Shifting Digital Payment Trends Prompt New Visa Credential System

For decades, different payment cards existed to serve different purposes: Credit cards have offered the option to pay in full or revolve and pay the minimum balance, and rewards and loyalty programs have varied wildly. Debit cards provide access to funds on hand.

We’ve seen innovation now evolve to reinvent the credit experience with installments and buy now, pay later (BNPL), and debit evolve to an account-to-account (A2A) relationship via open banking. Rewards cards become platforms for creating new ecosystems. But now, as commerce spans the digital and physical realms, Visa Issuing Solutions SVP Kathleen Pierce-Gilmore told Karen Webster in a PYMNTS TV segment, payments are being embedded into a variety of online and offline use cases. 

As she noted to Webster, “the pace of change across the last 50 years has been nothing in comparison to what has happened over the last five years.”

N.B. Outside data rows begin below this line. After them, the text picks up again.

// Reads the records of a log, one after the other.
ghost use Rattle.std.specs.Prelude.{◌≡◌, ◌<◌, ◌≤◌, ◌^◌, ◌↔◌, [], List, ℕ, IsFalse, IsTrue, IfErr, IfNone, IfOk, IfSome, OnOk, length};
ghost use Rattle.disk_model.specs.Disk.{Files, Rises, Stays};
ghost use Rattle.formats.specs.Log.{IsWholeLog};
ghost use Rattle.formats.specs.Reading.{FailsBy};
ghost use Rattle.formats.specs.Records.{record_code, IsPlaced, IsRecord};
ghost use Rattle.formats.specs.declared.record.Record.{Record};
ghost use Rattle.log_blocks.specs.LogView.{LogView};
ghost use Rattle.log_blocks.specs.Payloads.{remaining, ahead, IsInLog};
ghost use Rattle.log_records.specs.BlockReader.{GoesOn, TakesRecord};
ghost use Rattle.log_records.specs.Codec.{StartsWithRecord};
ghost use Rattle.log_records.specs.Loading.{IsTailFault};
ghost use Rattle.log_records.specs.RecordReader.{IsReading, HasFound, HasGoneOn, StartsWithNone};

use crate::codec::decode;
use crate::placing::{is_placed, next_behind};
use disk_model::Machine;
use formats::{ReadErr, Record};
use log_blocks::{LogFile, PayloadReader};
use oper_core::{Bounds, Memory, Oper};
use std::alloc::Global;
use std::marker::{Model, PhantomData};

/// Stands in the records of a log, with one piece of one payload in memory. Where a record goes on after it, further pieces
/// are added, each as long as what is in memory then, until the record is whole.
#[derive(Drop)]
pub struct RecordReader<O: Oper> {
    alloc: Global,
    bounds: Bounds,
    base: u64,
    next: u64,
    payloads: PayloadReader,
    of: PhantomData<O>,
}

impl<O: Oper> Model for RecordReader<O> {
    ghost use Rattle.log_records.specs.RecordReader.{RecordReaderView};

    ghost Value = { RecordReaderView };

    ghost view = { λ r. record { bounds = r.bounds; base = r.base; next = r.next; payloads = r.payloads } };
}

// The record that the bytes begin with, right in its place, and the length of its code.
fn next_record<O: Oper>(
    alloc: Global,
    b: Bounds,
    base: u64,
    bytes: &[u8],
    next: u64,
) -> Result<Option<(Record<O>, usize)>, Memory>
    ensures some { IfOk result (λ found. IfSome found (λ pair.
        StartsWithRecord (O.meaning b) bytes.now pair.0 × IsPlaced (O.meaning b) base next pair.0 × (pair.1 ≡ length (record_code (O.meaning b) pair.0)))) }
    ensures none { IfOk result (λ found. IfNone found ((other : Record O) → StartsWithRecord (O.meaning b) bytes.now other → IsPlaced (O.meaning b) base next other → ⊥)) }
{
    match decode::<O>(alloc, b, bytes)? {
        Some((found, length)) => {
            if is_placed(&found, b, base, next) {
                return Ok(Some((found, length)));
            }
            Ok(None)
        }
        None => Ok(None),
    }
}

// Brings bytes of the payload in hand into memory until they begin with a record that is right in its place, and answers
// the length of its code beside it; none where the whole payload's do not.
fn find_record<O: Oper, M: Machine>(
    alloc: Global,
    m: &mut M,
    b: Bounds,
    base: u64,
    payloads: &mut PayloadReader,
    next: u64,
) -> Result<Option<(Record<O>, usize)>, ReadErr>
    ensures kept { Stays (M.disk m.old) (M.disk m.new) }
    ensures file { payloads.new.file ≡ payloads.old.file }
    ensures all { OnOk result ((remaining payloads.new ≡ remaining payloads.old) × (ahead payloads.new ≡ ahead payloads.old)) }
    ensures read { (files : Files) → (M.disk m.new).agrees files → (all passed : List (List ℕ)) (taken : List ℕ) (later : List (List ℕ)) → IsInLog (files payloads.old.file) payloads.old all passed taken later
        → OnOk result (IsInLog (files payloads.new.file) payloads.new all passed taken later) }
    ensures some { IfOk result (λ found. IfSome found (λ pair. StartsWithRecord (O.meaning b) payloads.new.bytes pair.0
        × IsPlaced (O.meaning b) base next pair.0 × (pair.1 ≡ length (record_code (O.meaning b) pair.0)) × (pair.1 ≤ 2 ^ 30))) }
    ensures none { IfOk result (λ found. IfNone found ((payloads.new.left ≡ 0) × StartsWithNone (O.meaning b) base next payloads.new.bytes)) }
    ensures cause { IfErr result (FailsBy (Rises (M.disk m.old).disk_faults (M.disk m.new).disk_faults) (λ f p. ⊥)) }
{
    loop {
        if let Some(found) = next_record(alloc, b, base, payloads.bytes(), next)? {
            return Ok(Some(found));
        }
        if !payloads.read_more(m)? {
            return Ok(None);
        }
    }
}

impl<O: Oper> RecordReader<O> {
    /// A reader of this log that has read none of its records.
    pub fn new<M: Machine>(
        alloc: Global,
        m: &mut M,
        b: Bounds,
        log: &LogFile,
    ) -> Result<RecordReader<O>, ReadErr>
        ensures kept { Stays (M.disk m.old) (M.disk m.new) }
        ensures bounds { IfOk result (λ it. it.bounds ≡ b) }
        ensures reading { IfOk result (λ it. IsReading (O.meaning b) (M.disk m.new) log.now it []) }
        ensures starts { (files : Files) → (M.disk m.new).agrees files → (payloads : List (List ℕ)) → IsWholeLog log.now.header payloads (files log.now.active)
            → IfOk result (λ it. IsInLog (files log.now.active) it.payloads payloads [] [] payloads) }
        ensures cause { IfErr result (FailsBy (Rises (M.disk m.old).disk_faults (M.disk m.new).disk_faults) (λ f p. ⊥)) }
    {
        Ok(RecordReader {
            alloc,
            bounds: b,
            base: log.base(),
            next: log.base(),
            payloads: log.reader(alloc, m)?,
            of: PhantomData,
        })
    }

    /// Whether nothing is left of the block in hand.
    pub fn is_between_blocks(&self) -> bool
        ensures { IsTrue result ↔ (remaining self.now.payloads ≡ 0) }
    {
        self.payloads.remaining() == 0
    }

    /// The LSN after the records that were read.
    pub fn next_lsn(&self) -> u64
        ensures { result ≡ self.now.next }
    {
        self.next
    }

    // Goes on to the next payload where nothing is left of the one in hand; false where none comes.
    fn go_on<M: Machine>(&mut self, m: &mut M) -> Result<bool, ReadErr>
        ensures kept { Stays (M.disk m.old) (M.disk m.new) }
        ensures same { self.new ≡ record self.old { payloads = self.new.payloads } }
        ensures some { IfOk result (λ more. IsTrue more → (0 < remaining self.new.payloads) × (ahead self.new.payloads ≤ ahead self.old.payloads)) }
        ensures read { (log : LogView) (records : List (Record O)) → IsReading (O.meaning self.old.bounds) (M.disk m.old) log self.old records
            → IfOk result (HasGoneOn (O.meaning self.old.bounds) (M.disk m.new) log self.new records) }
        ensures goes_on { (files : Files) → (M.disk m.new).agrees files → (payloads passed : List (List ℕ)) (taken : List ℕ) (later : List (List ℕ))
            → (remaining self.old.payloads ≡ 0 → taken ≡ []) → IsInLog (files self.old.payloads.file) self.old.payloads payloads passed taken later
            → IfOk result (GoesOn (files self.new.payloads.file) self.new.payloads payloads passed taken) }
        ensures through { IfOk result (λ more. IsFalse more → remaining self.old.payloads ≡ 0) }
        ensures cause { (log : LogView) (records : List (Record O)) → IsReading (O.meaning self.old.bounds) (M.disk m.old) log self.old records
            → IfErr result (FailsBy (Rises (M.disk m.old).disk_faults (M.disk m.new).disk_faults) (IsTailFault (O.meaning self.old.bounds) (M.disk m.new) log)) }
    {
        if self.payloads.remaining() == 0 {
            let more = self.payloads.next_payload(m)?;
            return Ok(more);
        }
        Ok(true)
    }

    /// The next record of the log; none after the last one.
    pub fn next<M: Machine>(&mut self, m: &mut M) -> Result<Option<Record<O>>, ReadErr>
        ensures kept { Stays (M.disk m.old) (M.disk m.new) }
        ensures bounds { self.new.bounds ≡ self.old.bounds }
        ensures less { IfOk result (λ found. IfSome found (λ _. ahead self.new.payloads < ahead self.old.payloads)) }
        ensures grammar { IfOk result (λ found. IfSome found (IsRecord (O.meaning self.old.bounds))) }
        ensures read { (log : LogView) (records : List (Record O)) → IsReading (O.meaning self.old.bounds) (M.disk m.old) log self.old records
            → IfOk result (HasFound (O.meaning self.old.bounds) (M.disk m.new) log self.new records) }

        // It stays in the block in hand, and begins the next one where nothing is left of that.
        ensures takes { (files : Files) → (M.disk m.new).agrees files → (payloads passed : List (List ℕ)) (taken : List ℕ) (later : List (List ℕ))
            → (remaining self.old.payloads ≡ 0 → taken ≡ []) → IsInLog (files self.old.payloads.file) self.old.payloads payloads passed taken later
            → IfOk result (TakesRecord (O.meaning self.old.bounds) (files self.new.payloads.file) self.new.payloads payloads passed taken) }
        ensures through { IfOk result (λ found. IfNone found (remaining self.old.payloads ≡ 0)) }
        ensures cause { (log : LogView) (records : List (Record O)) → IsReading (O.meaning self.old.bounds) (M.disk m.old) log self.old records
            → IfErr result (FailsBy (Rises (M.disk m.old).disk_faults (M.disk m.new).disk_faults) (IsTailFault (O.meaning self.old.bounds) (M.disk m.new) log)) }
    {
        if !self.go_on(m)? {
            return Ok(None);
        }
        let found = find_record(
            self.alloc,
            m,
            self.bounds,
            self.base,
            &mut self.payloads,
            self.next,
        )?;
        let Some((record, length)) = found else {
            return Err(ReadErr::Damaged {
                file: self.payloads.file(),
                place: self.payloads.place(),
            });
        };
        self.payloads.take(length);
        self.next = next_behind(&record, self.next);
        Ok(Some(record))
    }
}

Along the way, the payments network is forging smart credentials that go beyond data encryption. Tokenized experiences — still in early days — bring issuers the opportunity to add relevance to consumer use of their digital credentials. The consumer is at the center of it all, building upon the trust and confidence that comes with global acceptance of transacting anywhere in the world with most any merchant.

Consumers, Pierce-Gilmore said, gravitate toward the latest technologies, and now they are looking for issuers to provide a broad range of different payment options — and the choice of how they want to settle the transaction after it’s actually been completed.

Flexible Credentials

Visa earlier this year announced its Flexible Credentials offering, which lets users access several accounts and toggle between payment methods, including credit, debit and BNPL.

“We’re putting maneuverability in the hands of the consumer,” said Pierce-Gilmore, “built off of all of the tremendous infrastructure, scale and security that’s been built up over decades … we’re shifting from the physical credit card or debit card to a set of digital credentials.”

The PAN, she said, has morphed into the token that goes with consumers everywhere they go. Elsewhere, with Visa’s Click to Pay options, Pierce-Gilmore said, consumers can opt to have their preregistered Visa card be the default payment mechanism at checkout. Pierce-Gilmore added that flexible credentials also enable consumers to manage their transactions after the fact — to better understand how and where they are spending.

That level of choice is necessary, said Pierce-Gilmore, who added that “to retain the relationship, they need to give this flexibility to the consumer … and the issuer needs to go where the consumer is.”

At a high level, “the ability to get your card into your digital wallet has to be simple,” she said, “and digital issuance and provisioning has to be easy for a consumer — wherever they are — when they want to get their credentials into those wallets.”

Issuers and Regulators

That’s no easy task for the issuers, as they are busy grappling with new regulations, she told Webster, and a daunting technological challenge to become more “digital” across all levels of their  business. There’s still work to be done as they strive to embrace digital issuance or offer individuals in-app provisioning to their favorite digital wallet. Visa’s software developer kits (SDKs), she said, can shave months off that workload.

“The SDK … is a way to make it a lighter lift for our issuers,” she said, “for digital provisioning, digital issuance, in app provisioning and subscription manager — which helps understand how consumers are engaging with brands.”

Once the cards are provisioned, she said, artificial intelligence (AI) can be and is being harnessed to create personalized experience throughout the customer lifecycle. Pierce-Gilmore said AI-assisted shopping can offer better and more prescient recommendations as consumers interact with various brands. 

On the back end, she said, the merchants and issuers are able to resolve disputes more quickly or glean customer-level data that can lead to a better experience online, and in brick-and-mortar locations too.

A better shopping experience, she said, is created through AI-underpinned loyalty and rewards offerings that are contextualized in real time (and on a merchant-by-merchant basis), which in turn are informed by the use of the Visa flexible credentials.

Real-Time Protection

The end result is a seamless experience across channels, she said, in the aisles (“I can’t stand watching an inefficient payment experience,” she said) and online, where no one has to click through a dozen steps in order to transact.

No matter the setting or the payments type, battling fraud is essential, she said, and the company continues to innovate in the fraud-defense space. The flexible offerings, she said, can make sure that digital credentials are provisioned to wallets almost immediately, so that consumers and issuers can protect themselves in real time.

“You can continue shopping,” she said, “and there is never the need to get a physical card — so one potential point of vulnerability is taken out of the mix.”

As she told Webster, for issuers and for Visa, as it serves those issuers, “you cannot take your eye off the ball. You have to participate in whatever the consumer is using — and with the notion of tokenization and the payment token itself … there’s a whole world of innovation that’s going to follow.”